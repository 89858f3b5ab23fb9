//! A checked table of terms, with an index of equal heads.
ghost use Rattle.std.specs.Prelude.{◌≡◌, ◌<◌, ◌≤◌, None, length};
ghost use Rattle.theory.specs.Terms.{Arities};
ghost use Rattle.congruence.specs.Table.{Lower};
ghost use Rattle.equality.specs.Index.{same_head, LastLike, nearest, Indexed};

use theory::Term;

/// A view of the caller's records that keeps each argument lower than its own term, with the
/// nearest earlier term that has the same head as each.
#[derive(Drop)]
pub(crate) struct Terms<'a> {
    pub(crate) records: &'a [Term],
    near: [Option<u16>; 256],
    ghost few: { length records.now ≤ 256 },
    ghost arities: { Arities 2 records.now },
    ghost lower: { Lower records.now },
    ghost indexed: { Indexed records.now near },
}

/// Whether two terms have one symbol and one number of arguments.
fn same_head(t: &Term, u: &Term) -> bool
    ensures { result ≡ same_head t.now u.now }
{
    t.symbol == u.symbol && t.arity == u.arity
}

/// The last of the terms that has the head of `t`.
fn last_like(records: &[Term], t: &Term) -> Option<usize>
    ensures { LastLike records.now t.now result }
{
    records.iter().rposition(|u| same_head(t, u))
}

/// The nearest earlier term with the head of `t`.
fn nearest(records: &[Term], t: usize) -> Option<u16>
    requires few { length records.now ≤ 256 }
    requires term { t < length records.now }
    ensures { result ≡ nearest records.now t }
{
    // Below 256: a `try_from` would have to answer for what cannot come.
    last_like(&records[..t], &records[t]).map(|u| u as u16)
}

impl<'a> Terms<'a> {
    pub(crate) fn new(records: &'a [Term]) -> Terms<'a>
        requires few { length records.now ≤ 256 }
        requires arities { Arities 2 records.now }
        requires lower { Lower records.now }
        ensures { result.records.now ≡ records.now }
    {
        let mut near = [None; 256];
        // By number: what an adapter of `iter_mut` wrote would not be known afterwards.
        for t in 0..records.len() {
            near[t] = nearest(records, t);
        }
        Terms { records, near }
    }

    /// The number of terms, which is at most 256.
    pub(crate) fn len(&self) -> u16
        ensures { result ≡ length self.now.records.now }
    {
        // At most 256: a `try_from` would have to answer for what cannot come.
        self.records.len() as u16
    }

    /// The nearest earlier term with the head of `t`.
    pub(crate) fn nearest(&self, t: u16) -> Option<u16>
        requires { t < length self.now.records.now }
        ensures { result ≡ nearest self.now.records.now t }
    {
        self.near[usize::from(t)]
    }
}
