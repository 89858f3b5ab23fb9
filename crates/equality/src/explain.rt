//! Explaining from the log of merges: which merges join two terms.
ghost use Rattle.std.specs.Prelude.{◌≡◌, ◌<◌, ◌≤◌, length, ◌≢◌};
ghost use Rattle.congruence.specs.Merges.{needed};
ghost use Rattle.equality.specs.Logs.{until, label_at};
ghost use Rattle.equality.specs.Marked.{Joins, Sides, Whole, Grown};

use crate::closure::Closure;
use congruence::Reason;

/// The two ends of a merge between two terms: the one on the near side, and the other.
#[derive(Clone, Copy)]
pub(crate) struct Ends {
    pub(crate) near: u16,
    pub(crate) far: u16,
}

impl Closure<'_> {
    ghost use Rattle.equality.specs.Closures.{records_of, steps_of};

    /// The merge at which two terms came into one class, by halving.
    fn joining(&self, t: u16, u: u16, upto: usize) -> usize
        requires upto { upto ≤ length (steps_of self.now) }
        requires near { t < 256 }
        requires far { u < 256 }
        requires apart { t ≢ u }
        requires together { let num = label_at (steps_of self.now) upto in num t ≡ num u }
        ensures below { result < upto }
        ensures joins { Joins (steps_of self.now) t u result }
    {
        let t = usize::from(t);
        let u = usize::from(u);
        self.rows[1..=upto].partition_point(|row| row[t] != row[u])
    }

    /// The ends of merge number `k`, in the order in which they lie between `t` and `u`.
    fn sides(&self, t: u16, u: u16, k: usize) -> Ends
        requires merge { k < length (steps_of self.now) }
        requires near { t < length (records_of self.now) }
        requires joins { Joins (steps_of self.now) t u k }
        ensures { Sides (records_of self.now) (steps_of self.now) t u k result }
    {
        let s = self.steps[k];
        if self.label(k, t) == self.label(k, s.left) {
            Ends {
                near: s.left,
                far: s.right,
            }
        } else {
            Ends {
                near: s.right,
                far: s.left,
            }
        }
    }

    /// Marks merges that join `t` and `u`, each with those that it rests on.
    pub(crate) fn explain(&self, marks: &mut [bool], t: u16, u: u16, upto: usize)
        requires upto { upto ≤ length (steps_of self.now) }
        requires long { length (steps_of self.now) ≤ length marks.old }
        requires near { t < length (records_of self.now) }
        requires far { u < length (records_of self.now) }
        requires together { let num = label_at (steps_of self.now) upto in num t ≡ num u }
        requires whole { Whole (records_of self.now) (steps_of self.now) marks.old }
        ensures { Grown (records_of self.now) (steps_of self.now) marks.old marks.new
            (λ p. needed (records_of self.now) (until (steps_of self.now) upto) p t u) }
    {
        if t == u {
            return;
        }
        let k = self.joining(t, u, upto);
        let by = self.sides(t, u, k);
        self.explain(marks, t, by.near, k);
        self.explain(marks, by.far, u, k);
        if marks[k] {
            return;
        }
        let s = self.steps[k];
        match s.reason {
            Reason::Asserted(_) => {
                marks[k] = true;
            }
            Reason::Congruence => {
                let x = self.terms.records[usize::from(s.left)];
                let y = self.terms.records[usize::from(s.right)];
                // No plainer as `x.args.iter().zip(&y.args).take(usize::from(x.arity))`.
                for i in 0..usize::from(x.arity) {
                    self.explain(marks, x.args[i], y.args[i], k);
                }
                marks[k] = true;
            }
        }
    }
}
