//! The state of the equality theory: the list, and what it led to after each of its literals.
ghost use Rattle.std.specs.Prelude.{◌≡◌, ℕ, ◌+◌, ◌<◌, ◌≤◌, false, length, vec_capacity, slice_index, slice_index_or};
ghost use Rattle.theory.specs.Asserted.{claims_of, literals_of};
ghost use Rattle.congruence.specs.Merges.{log_at};
ghost use Rattle.congruence.specs.Equality.{Named};
ghost use Rattle.equality.specs.Logs.{until};

use crate::closure::Closure;
use congruence::Claim;
use theory::Asserted;

pub mod calls;
pub mod make;

/// Equality over lent term and claim records.
///
/// `merges[k]` is the number of merges that the first `k` literals of the list led to. It stands
/// apart from the list, for it is longer by one, and the list is the same for every theory.
#[derive(Drop)]
pub struct Equality<'a> {
    claims: &'a [Claim],
    closure: Closure<'a>,
    list: Asserted,
    merges: Vec<usize>,
    marks: Vec<bool>,
    ghost few: { length claims.now ≤ 128 },
    ghost named: { Named closure.terms.records.now claims.now },
    ghost list_claims: { claims_of list ≡ length claims.now },
    ghost merges_room: { length claims.now < vec_capacity merges },
    ghost merges_long: { length merges.items ≡ length (literals_of list) + 1 },
    ghost rising: { (j k : ℕ) → j ≤ k → k ≤ length (literals_of list)
        → slice_index merges.items j ≤ slice_index merges.items k },
    ghost logged: { (k : ℕ) → k ≤ length (literals_of list)
        → until closure.steps.items (slice_index merges.items k)
        ≡ log_at closure.terms.records.now claims.now (literals_of list) k },
    ghost latest: { slice_index merges.items (length (literals_of list))
        ≡ length closure.steps.items },
    ghost marks_long: { length marks.items ≡ 256 },
    ghost clear: { (k : ℕ) → slice_index_or marks.items k false ≡ false },
}
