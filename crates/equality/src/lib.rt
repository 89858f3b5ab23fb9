//! Equality over a table of terms, as a theory.
#![tactic(auto)]

pub(crate) mod check;
pub(crate) mod closure;
pub(crate) mod explain;
pub(crate) mod marks;
pub(crate) mod query;
pub mod state;
pub(crate) mod terms;

pub use state::Equality;
pub use state::make::make;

YOUR TASK » Above are the records; report each line in them that includes the word "Named".

REPLY TO THE TASK »
ghost use Rattle.congruence.specs.Equality.{Named};
    ghost named: { Named closure.terms.records.now claims.now },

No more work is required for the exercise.